Well, I would like to ask that everyone stop at a red light. One it’s the law, two, I’m tired of hearing about you from all my friends and on facebook. Thank you very much.
*LIKE*
Being a subcompact driver, this doesn’t only happen on my bicycle or motorcycle, but even in my car! Seriously, if there’s only me at a 2ndary street light, I must get out/off and run over to the pedestrian light button to get the green light. Of course I know if I ran the red on the empty 4am streets I’d discover a cop just happened to be quietly sitting with his coffee in a parking lot nearby or something, LOL, so I figure it’s less of a transgression to go push the button.
Many times these inductive loops don’t even recognize my all steel Vespa scooter with a big lump of iron near the ground for the engine. Aligning with the cuts in the road helps, but sometimes, you just have to treat it like a stop sign.
Several magazines and online blogs/forums have tested the super-magnets that you are supposed to mount to the bottom of a bike/scooter/motorcycle. Rarely have they proven to increase the detection. One magazine attached 10 magnets on a motorcycle and it wouldn’t trip the light. Just another waste of money.
thanks Rick the doctors at the office just realized I’m taking a break… It was a much needed laugh though.
I know this feeling…
i have noticed that they put them in all different spots. i think its a conspiracy against us bicyclists, just to confuse us.

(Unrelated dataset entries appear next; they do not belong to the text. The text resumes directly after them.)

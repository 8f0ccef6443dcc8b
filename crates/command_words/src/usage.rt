// Why words are refused.
ghost use Rattle.std.specs.Prelude.{◌≡◌, MatchOption};
ghost use Rattle.command_words.specs.Usage.{setting_fault, word_fault, EachFits, IsFirstFault, usage_text};

use crate::Setting;
use crate::word::{any_gives, any_query, is_option, setting_of, value_in};
use lp_values::Text;

/// Why a word is refused.
#[derive(Clone, Copy, Debug, PartialEq, Eq)]
pub enum UsageKind {
    /// No word is a query.
    NoQuery,
    /// Two words are.
    SecondQuery,
    /// No option has this name, or the word has no colon.
    UnknownOption,
    /// A word before this one gives the same option.
    Repeated,
    /// The option takes no such value.
    BadValue,
    /// `-iRotation` stands without `-iCheckpoint`.
    NeedsCheckpoint,
    /// `-o:TPL` stands without `-tpl`.
    NeedsTemplate,
}

/// The word that is refused, counted from 0, and why. Without a query it is the number of words.
#[derive(Clone, Copy, Debug, PartialEq, Eq)]
pub struct UsageFault {
    pub word: u32,
    pub kind: UsageKind,
}

impl UsageKind {
    /// The words that tell of it.
    pub fn as_str(self) -> &'static str
        ensures { result.now ≡ usage_text self }
    {
        match self {
            UsageKind::NoQuery => "no query",
            UsageKind::SecondQuery => "second query",
            UsageKind::UnknownOption => "unknown option",
            UsageKind::Repeated => "repeated option",
            UsageKind::BadValue => "bad value",
            UsageKind::NeedsCheckpoint => "needs -iCheckpoint",
            UsageKind::NeedsTemplate => "needs -tpl",
        }
    }
}

fn setting_fault(before: &[Text], word: &str, setting: Option<Setting>) -> Option<UsageKind>
    ensures { result ≡ setting_fault before.now word.now setting }
{
    match setting {
        None => Some(UsageKind::UnknownOption),
        Some(setting) if any_gives(before, setting) => Some(UsageKind::Repeated),
        Some(setting) if setting.accepts(value_in(word)) => None,
        Some(_) => Some(UsageKind::BadValue),
    }
}

// The fault of a word behind others.
fn word_fault(before: &[Text], word: &str) -> Option<UsageKind>
    ensures { result ≡ word_fault before.now word.now }
{
    if is_option(word) {
        setting_fault(before, word, setting_of(word))
    } else if any_query(before) {
        Some(UsageKind::SecondQuery)
    } else {
        None
    }
}

/// The first fault of a word.
pub fn first_fault(words: &[Text]) -> Option<UsageFault>
    ensures { MatchOption result (EachFits words.now) (IsFirstFault words.now) }
{
    for (index, word) in words.iter().enumerate() {
        if let Some(kind) = word_fault(&words[..index], word.as_str()) {
            return Some(UsageFault {
                word: index as u32,
                kind,
            });
        }
    }
    None
}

I can align myself all day, but the inductive loops they use around here do not ever detect my bicycle. Maybe it only works for steel bikes?
Waiting for the light that never changes is not the only reason I don’t wait at red lights though. The biggest one is safety. Every incident I’m aware of where a cyclist has been jumped and beaten/robbed (unfortunately there have been a lot of them in the area of my commute to work), happened where the cyclist was stopped at a light. Because of this, I now treat all red lights and stop signs as yields. I look very carefully, but I also make a concerted effort to keep moving whenever possible.

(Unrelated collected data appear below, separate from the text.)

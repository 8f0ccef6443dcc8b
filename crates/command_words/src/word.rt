// Words: an option is `-name:value`, and any other word is the query.
ghost use Rattle.std.specs.Prelude.{◌≡◌, true, false, find, MatchOption, IfOk};
ghost use Rattle.std.specs.List.{list_any, before_first};
ghost use Rattle.std.specs.Option.{option_copied};
ghost use Rattle.command_words.specs.Words.{is_option, is_query, is_colon, gives, setting_of, value_in, given, options_in, query_in};

use crate::Setting;
use crate::setting::SETTINGS;
use crate::text::same_text;
use lp_values::{Text, TextList};
use std::alloc::{AllocError, Global};

pub fn is_option(word: &str) -> bool
    ensures { result ≡ is_option word.now }
{
    matches!(word.as_bytes(), [b'-', ..])
}

fn parts(word: &str) -> Option<(&str, &str)>
    ensures { MatchOption result (list_any is_colon word.now ≡ false) (λ parts. (list_any is_colon word.now ≡ true) × (parts.0.now ≡ before_first is_colon word.now) × (parts.1.now ≡ value_in word.now)) }
{
    word.split_once(':')
}

pub fn gives(setting: Setting, word: &str) -> bool
    ensures { result ≡ gives setting word.now }
{
    match parts(word) {
        Some((name, _)) => same_text(name.as_bytes(), setting.name().as_bytes()),
        None => false,
    }
}

pub fn value_in(word: &str) -> &str
    ensures { result.now ≡ value_in word.now }
{
    match parts(word) {
        Some((_, value)) => value,
        None => "",
    }
}

pub fn setting_of(word: &str) -> Option<Setting>
    ensures { result ≡ setting_of word.now }
{
    SETTINGS
        .iter()
        .copied()
        .find(|setting| gives(*setting, word))
}

pub fn any_gives(words: &[Text], setting: Setting) -> bool
    ensures { result ≡ list_any (gives setting) words.now }
{
    words.iter().any(|word| gives(setting, word.as_str()))
}

pub fn any_query(words: &[Text]) -> bool
    ensures { result ≡ list_any is_query words.now }
{
    words.iter().any(|word| !is_option(word.as_str()))
}

fn find_giving(words: &[Text], setting: Setting) -> Option<&Text>
    ensures { option_copied result ≡ find (gives setting) words.now }
{
    words.iter().find(|word| gives(setting, word.as_str()))
}

/// The value of the first word that gives an option.
pub fn given(words: &[Text], setting: Setting) -> Option<&str>
    ensures { option_copied result ≡ given setting words.now }
{
    match find_giving(words, setting) {
        Some(word) => Some(value_in(word.as_str())),
        None => None,
    }
}

/// The words that are options, as they stand.
pub fn options_in(alloc: Global, words: &[Text]) -> Result<TextList, AllocError>
    ensures { IfOk result (λ options. options ≡ options_in words.now) }
{
    let mut options = TextList::new(alloc);
    for word in words {
        if is_option(word.as_str()) {
            options.push(word.copy(alloc)?)?;
        }
    }
    Ok(options)
}

fn find_query(words: &[Text]) -> Option<&Text>
    ensures { option_copied result ≡ find is_query words.now }
{
    words.iter().find(|word| !is_option(word.as_str()))
}

/// The query word; an empty text where there is none.
pub fn query_in(alloc: Global, words: &[Text]) -> Result<Text, AllocError>
    ensures { IfOk result (λ query. query ≡ query_in words.now) }
{
    match find_query(words) {
        Some(word) => word.copy(alloc),
        None => Text::from_str(alloc, ""),
    }
}
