// An output stream as a stage that holds nothing back.
ghost use Rattle.std.specs.Prelude.{◌≡◌, ℕ, List, length, option_map};
ghost use Rattle.lp_outside.specs.declared.stage.Mark.{Mark};

use crate::{Mark, Name, Sink, Stage, StageFailed, write_all};

/// A piece goes on at once. The stream keeps no text by its mark: what an output has gained is what the stream has written.
impl<S: Sink> Stage for S {
    ghost use Rattle.std.specs.Bool.{⊤};
    ghost use Rattle.lp_outside.specs.Streams.{stream_state, StaysWritten, stays_here, stays_on, stays_taken};

    ghost state = { stream_state S.written };

    ghost faults = { S.faults };

    // What was written stays in front.
    ghost goes = { λ before now. StaysWritten (S.written before) (S.written now) };

    ghost ended = { λ stream name base mark. ⊤ };

    fn held(&mut self, _name: &Name) -> Result<u64, StageFailed> {
        Ok(0)
    }

    fn put(
        &mut self,
        _output: u32,
        _name: &Name,
        _base: u64,
        mark: &mut Mark,
        bytes: &[u8],
    ) -> Result<(), StageFailed> {
        match write_all(self, bytes) {
            Ok(()) => {
                mark.length = mark.length.wrapping_add(bytes.len() as u64);
                Ok(())
            }
            Err(_) => Err(StageFailed),
        }
    }

    fn close(&mut self, _name: &Name, _base: u64, _mark: &Mark) -> Result<(), StageFailed> {
        Ok(())
    }

    ghost goes_nowhere = { λ stage. stays_here (S.written stage) };

    ghost goes_on = { λ first second third one two. stays_on (S.written first) (S.written second) (S.written third) one two };

    ghost keeps_taken = { stays_taken S.written };

    ghost empty = { λ stage tells. absurd tells };

    ghost one = { λ stage tells. absurd tells };
}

*ahem* “Loop Detector” It depends in large part to the weight of the metal in your bike, and the design of the detector, e.g. on a multi-lane road the detectors won’t be as sensitive such that a nearby car won’t trip the detector. Some bike heavy cities install extra (smaller) loops and turn up their sensitivity, to detect your bike.
There’s one in North Melbourne that never works. I used to go through there at night and wait and wait, then just gave up and went if no-one was coming, on the tree and the forest principle. They’re usually pretty good though.
Having said that, I know how Yehuda feels. When they don’t work it makes me very cross.